Abstract:
The phosphine ligand (Ph2 PCH2 N(CH3 )(CH2 )2 Ph, PNMPEA) obtained by the reaction of the (hydroxymethyl)diphenylphosphine with naturally occurring alkaloid N-methylphenethylamine, was used to synthesize the half-sandwich iridium(III) (Ir(η5 -Cp*)Cl2 Ph2 PCH2 N(CH3 )(CH2 )2 Ph, IrPNMPEA) and ruthenium(II) (Ru(η6 -p-cymene)Cl2 Ph2 PCH2 N(CH3 )(CH2 )2 Ph, RuPNMPEA) complexes. They were characterized using a vast array of methods, including 1D and 2D NMR, ESI(+)MS spectrometry, elemental analysis, cyclic voltammetry (CV), electron spectroscopy in the UV-Vis range (absorption, fluorescence) and density functional theory (DFT).
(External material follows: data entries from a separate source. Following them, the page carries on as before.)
//! Images from bytes: exactly the spellings of typed programs are loaded, each to its program. It uses il_model, where
//! the spelling and the typing are defined, and il_records, which reads the fields.
//!
//! ```rust
//! let image = il_loader::load(alloc, bytes.as_slice()).ok()?;
//! let same = image.bytes() == bytes.as_slice(); // true
//! ```
//!
//! Proved: `load` answers Ok exactly on the spelling of a typed program, and gives that program; else the first fault
//! in the order of reading, with its position (`exact`). `bytes` is that spelling, `copy` an equal image. The programs
//! that have an image are the well-formed ones (`know_well_formed`), and whatever reads images reads the same of all
//! bytes (`know_reading`). Each instruction's `Action` is the one that performs it, and of the instructions that
//! `straight` gives none but the first has a label, and they reach as far as the next label.
//!
//! Only tested: nothing; `images.rows` of `tests_rows` has images cut short, spoilt and too long.
#![tactic(auto)]

mod action;
mod declared;
mod grouping;
mod image;
mod instance;
mod judging;
mod label;
mod laws;
mod line;
mod linking;
mod loading;
mod numbers;
mod operands;
mod reading;
mod tables;
mod typing;
mod variable;
mod word;

pub use action::Action;
pub use il_records::{LoadError, LoadFault};
pub use image::Image;
pub use laws::{know_reading, know_well_formed};
pub use line::Line;
pub use loading::load;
The initial antimicrobial activity in vitro toward Gram-positive and Gram-negative bacterial strains was examined, indicating that both complexes are selective towards Gram-positive bacteria, e. g., Staphylococcus aureus, where the IrPNMPEA has been more bactericidal compared to RuPNMPEA. Additionally, the interactions of these compounds with various biomolecules, such as DNA (ctDNA, plasmid DNA, 9-ethylguanine (9-EtG), and 9-methyladenine (9-MeA)), nicotinamide adenine dinucleotide (NADH), glutathione (GSH), and ascorbic acid (Asc) were described. The results showed that both Ir(III) and Ru(II) complexes accelerate the oxidation process of NADH, GSH and Asc that appeared to occur by an electron transfer mechanism. Interestingly, only IrPNMPEA leads to the formation of various biomolecule adducts, which can explain its higher activity. Furthermore, RuPNMPEA and IrPNMPEA have been interacting with the DNA through weak noncovalent interactions.
摘要:
膦配体(Ph2PCH2N(CH3)(CH2)2Ph,PNMPEA)通过(羟甲基)二苯基膦与天然存在的生物碱N-甲基苯乙胺的反应获得,用于合成半夹心铱(III)(Ir(η5-Cp*)Cl2Ph2PCH2N(CH3)(CH2)2Ph,IrPNMPEA)和钌(II)(Ru(η6-对-异丙苯)Cl2Ph2PCH2N(CH3)(CH2)2Ph,RuPNMPEA)复合物。它们的特征是使用各种各样的方法,包括1D和2DNMR,ESI(+)质谱,元素分析,循环伏安法(CV),紫外-可见范围内的电子能谱(吸收,荧光)和密度泛函理论(DFT)。检查了体外对革兰氏阳性和革兰氏阴性细菌菌株的初始抗菌活性,表明两种复合物对革兰氏阳性细菌具有选择性,例如,金黄色葡萄球菌,与RuPNMPEA相比,IrPNMPEA更具杀菌性。此外,这些化合物与各种生物分子的相互作用,如DNA(ctDNA,质粒DNA,9-乙基鸟嘌呤(9-EtG),和9-甲基腺嘌呤(9-MeA)),烟酰胺腺嘌呤二核苷酸(NADH),谷胱甘肽(GSH),和抗坏血酸(Asc)进行了描述。结果表明,Ir(III)和Ru(II)配合物加速了NADH的氧化过程,GSH和Asc似乎是通过电子转移机制发生的。有趣的是,只有IrPNMPEA导致各种生物分子加合物的形成,这可以解释其更高的活性。此外,RuPNMPEA和IrPNMPEA通过弱的非共价相互作用与DNA相互作用。